海外展示会のヒント集

海外プロジェクトを成功させるための
予備知識とアドバイス

ご出展様の不安を少しでも解消できるよう、本ヒント集では海外施工案件ならではのトピックスを取り上げます。内容は随時アップデートしていく予定です。

欧米展示会での床上げについて

ブースの床面を、展示会場の床面より一段高くすることを、"床上げ"(Raised Floor、Platform、Double Floorなど)と言います。"玄関"の文化に慣れた日本人の感覚からすると、床上げされているブースというものは「気軽に入りづらい」「土足で上がっている感じがする」といったマイナスのイメージを持ちがちです。また、実用面でも、「大事なお客様がつまずいたら大変」とご心配される方が多いのも事実です。しかし、実際に海外の展示会に行くと分かりますが、欧米の展示会ではブースの床上げは非常に一般的です。床上げの一般的な高さは50mmか100mmで床材は主に木工です。
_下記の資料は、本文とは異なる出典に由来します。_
//! The calls on an instance, each made by one of the callers that one thread owns.

ghost use Rattle.std.specs.Prelude.{◌≡◌, ◌≤◌, true, length, not};
ghost use Rattle.napi_calls.specs.declared.state.CallerState.TheVariants as caller;
ghost use Rattle.rx_ring.specs.Ends.{SameIn};
ghost use Rattle.device_shared.specs.Callers.{IsBusyTaken, IsFed, IsSeat, IsTaken, Same, control_pass, control_marked, control_off, control_on, fits_poller, fits_thread, owns, state_pass, has_polling, has_busy, has_caller};

use napi_calls::{Busy, Caller, CallerState, ControlState, Napi, Polling, Sched, TryTake};
use napi_model::{Kind, Prep, Seen};
use poll_shared::{complete, hand_over};
use rx_ring::{Batch, MAX_WEIGHT, RxIn};
use std::mem;
use std::sync::Wait;

// Takes a caller that owns nothing out of its place.
fn resting(place: &mut CallerState) -> Caller
    requires { has_caller place.old ≡ true }
    ensures was { place.old ≡ caller.Rests result }
    ensures gone { place.new ≡ caller.Gone }
{
    match mem::replace(place, CallerState::Gone) {
        CallerState::Rests(caller) => caller,
        _ => unreachable!(),
    }
}

// Takes a poller out of its place.
fn polling(place: &mut CallerState) -> Polling
    requires { has_polling place.old ≡ true }
    ensures was { place.old ≡ caller.Polls result }
    ensures gone { place.new ≡ caller.Gone }
{
    match mem::replace(place, CallerState::Gone) {
        CallerState::Polls(polling) => polling,
        _ => unreachable!(),
    }
}

// Takes a busy poller out of its place.
fn busy(place: &mut CallerState) -> Busy
    requires { has_busy place.old ≡ true }
    ensures was { place.old ≡ caller.Busy result }
    ensures gone { place.new ≡ caller.Gone }
{
    match mem::replace(place, CallerState::Gone) {
        CallerState::Busy(busy) => busy,
        _ => unreachable!(),
    }
}

/// Reads the state word, by a caller that owns nothing.
pub(crate) fn look(napi: &Napi, place: &mut CallerState) -> Seen
    requires rests { has_caller place.old ≡ true }
    requires seat { IsSeat napi.now (state_pass place.old) }
    ensures same { Same (state_pass place.old) (state_pass place.new) }
    ensures state { has_caller place.new ≡ true }
{
    let mut caller = resting(place);
    let seen = caller.look(napi);
    place.put(CallerState::Rests(caller));
    seen
}

/// Sets whether the instance is scheduled on the device's thread, by a caller that owns nothing.
pub(crate) fn set_threaded(napi: &Napi, place: &mut CallerState, threaded: bool)
    requires rests { has_caller place.old ≡ true }
    requires seat { IsSeat napi.now (state_pass place.old) }
    ensures same { Same (state_pass place.old) (state_pass place.new) }
    ensures state { has_caller place.new ≡ true }
{
    let mut caller = resting(place);
    caller.set_threaded(napi, threaded);
    place.put(CallerState::Rests(caller));
}

/// Requests a poll, as an interrupt handler does; if the request is granted, it queues the instance.
pub(crate) fn request<R: Wait>(rt: &R, napi: &Napi, place: &mut CallerState) -> (Prep, Option<Kind>)
    requires rests { has_caller place.old ≡ true }
    requires seat { IsSeat napi.now (state_pass place.old) }
    ensures same { Same (state_pass place.old) (state_pass place.new) }
    ensures state { has_caller place.new ≡ true }
{
    let (caller, prep, kind) = match resting(place).schedule(rt, napi) {
        Sched::Granted(granted) => {
            let (caller, kind) = hand_over(napi, granted, true);
            (caller, Prep::Granted, Some(kind))
        }
        Sched::Missed(caller) => (caller, Prep::Missed, None),
        Sched::Disabled(caller) => (caller, Prep::Disabled, None),
    };
    place.put(CallerState::Rests(caller));
    (prep, kind)
}

/// Tries to take the instance from this queue.
pub(crate) fn take(napi: &Napi, place: &mut CallerState, kind: Kind) -> bool
    requires rests { has_caller place.old ≡ true }
    requires seat { IsSeat napi.now (state_pass place.old) }
    ensures same { Same (state_pass place.old) (state_pass place.new) }
    ensures state { IsTaken result place.new }
{
    match resting(place).take(napi, kind) {
        Ok(polling) => {
            place.put(CallerState::Polls(polling));
            true
        }
        Err(caller) => {
            place.put(CallerState::Rests(caller));
            false
        }
    }
}

/// Tries to take an idle instance, to busy poll it.
pub(crate) fn busy_take<R: Wait>(rt: &R, napi: &Napi, place: &mut CallerState) -> bool
    requires rests { has_caller place.old ≡ true }
    requires seat { IsSeat napi.now (state_pass place.old) }
    ensures same { Same (state_pass place.old) (state_pass place.new) }
    ensures state { IsBusyTaken result place.new }
{
    match resting(place).busy(rt, napi) {
        Ok(busy) => {
            place.put(CallerState::Busy(busy));
            true
        }
        Err(caller) => {
            place.put(CallerState::Rests(caller));
            false
        }
    }
}

/// Queues an instance that this caller polls on the list again.
pub(crate) fn requeue(napi: &Napi, place: &mut CallerState)
    requires polls { has_polling place.old ≡ true }
    requires seat { IsSeat napi.now (state_pass place.old) }
    ensures same { Same (state_pass place.old) (state_pass place.new) }
    ensures state { has_caller place.new ≡ true }
{
    let caller = polling(place).requeue(napi);
    place.put(CallerState::Rests(caller));
}

/// Completes an instance that this caller polls, and queues it again after a missed request.
pub(crate) fn complete_by<R: Wait>(rt: &R, napi: &Napi, place: &mut CallerState) -> Option<Kind>
    requires polls { has_polling place.old ≡ true }
    requires seat { IsSeat napi.now (state_pass place.old) }
    ensures same { Same (state_pass place.old) (state_pass place.new) }
    ensures state { has_caller place.new ≡ true }
{
    let (caller, again) = complete(rt, napi, polling(place), true);
    place.put(CallerState::Rests(caller));
    again
}

/// Completes a poll of an instance that this caller busy polls.
pub(crate) fn hold(napi: &Napi, place: &mut CallerState)
    requires polls { has_busy place.old ≡ true }
    requires seat { IsSeat napi.now (state_pass place.old) }
    ensures same { Same (state_pass place.old) (state_pass place.new) }
    ensures state { has_busy place.new ≡ true }
{
    let mut busy = busy(place);
    busy.complete_held(napi);
    place.put(CallerState::Busy(busy));
}

/// Stops busy polling: the caller still polls the instance.
pub(crate) fn stop<R: Wait>(rt: &R, napi: &Napi, place: &mut CallerState)
    requires polls { has_busy place.old ≡ true }
    requires seat { IsSeat napi.now (state_pass place.old) }
    ensures same { Same (state_pass place.old) (state_pass place.new) }
    ensures state { has_polling place.new ≡ true }
{
    let polling = busy(place).stop(rt, napi);
    place.put(CallerState::Polls(polling));
}

/// Polls the ring once, by a caller that polls the instance. The ends of the ring meet before the poll, so that it finds every
/// packet, and after it, so that the input end knows every free slot.
pub(crate) fn poll(place: &mut CallerState, input: &mut RxIn, weight: usize, batch: &mut Batch)
    requires polls { owns place.old ≡ true }
    requires fed { IsFed input.old (state_pass place.old) }
    requires weight { (1 ≤ weight) × (weight ≤ MAX_WEIGHT) }
    ensures pass { state_pass place.new ≡ state_pass place.old }
    ensures same { (has_polling place.new ≡ has_polling place.old)
        × (has_busy place.new ≡ has_busy place.old) }
    ensures kinds { (fits_poller place.new ≡ fits_poller place.old)
        × (fits_thread place.new ≡ fits_thread place.old) }
    ensures input { SameIn input.old input.new }
    ensures few { length batch.new.items ≤ weight }
{
    match place {
        CallerState::Polls(polling) => {
            polling.beside(input);
            polling.poll(weight, batch);
            polling.beside(input);
        }
        CallerState::Busy(busy) => {
            busy.beside(input);
            busy.poll(weight, batch);
            busy.beside(input);
        }
        _ => unreachable!(),
    }
}

/// Marks a disable on an instance that is enabled.
pub(crate) fn mark(napi: &Napi, place: &mut ControlState)
    requires on { control_on place.old ≡ true }
    requires seat { IsSeat napi.now (control_pass place.old) }
    ensures same { Same (control_pass place.old) (control_pass place.new) }
    ensures state { control_marked place.new ≡ true }
{
    let marked = match mem::replace(place, ControlState::Gone) {
        ControlState::On(control) => control.mark(napi),
        _ => unreachable!(),
    };
    place.put(ControlState::Marked(marked));
}

/// Tries a pending disable once. Returns whether the controller took the instance.
pub(crate) fn try_take(napi: &Napi, place: &mut ControlState) -> bool
    requires marked { control_marked place.old ≡ true }
    requires seat { IsSeat napi.now (control_pass place.old) }
    ensures same { Same (control_pass place.old) (control_pass place.new) }
    ensures state { control_marked place.new ≡ not result }
{
    let tried = match mem::replace(place, ControlState::Gone) {
        ControlState::Marked(control) => control.try_take(napi),
        _ => unreachable!(),
    };
    match tried {
        TryTake::Taken(control) => {
            place.put(ControlState::Off(control));
            true
        }
        TryTake::Busy(control) | TryTake::Changed(control) => {
            place.put(ControlState::Marked(control));
            false
        }
    }
}

/// Enables an instance that is disabled.
pub(crate) fn enable<R: Wait>(rt: &R, napi: &Napi, place: &mut ControlState, threaded: bool)
    requires off { control_off place.old ≡ true }
    requires seat { IsSeat napi.now (control_pass place.old) }
    ensures same { Same (control_pass place.old) (control_pass place.new) }
    ensures state { control_on place.new ≡ true }
{
    let enabled = match mem::replace(place, ControlState::Gone) {
        ControlState::Off(control) => control.enable(rt, napi, threaded),
        _ => unreachable!(),
    };
    place.put(ControlState::On(enabled));
}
床上げには2つの大きな利点があります。1つは、床板の下に電気やインターネットなどの配線を引き回せるので見た目がすっきりすること。2つめの理由としては、ブース自体の品位が確実上がるということです。プランニングの段階で、ブースのデザイン意図を「来場者様に快適に過ごしていただく空間」と捉えるのであれば、当社は床上げを推奨致します。ただし、来場者が大挙してブースに押し寄せ、足元に注意がいかないほど混雑することが予想されるのであれば、安全面から床上げは慎重に検討されたほうがよいでしょう。

なお、バリアフリー(accessibility)の観点から、展示会によってはスロープや手すりの設置を義務付けられる場合もありますのでレギュレーションの確認が必要になります。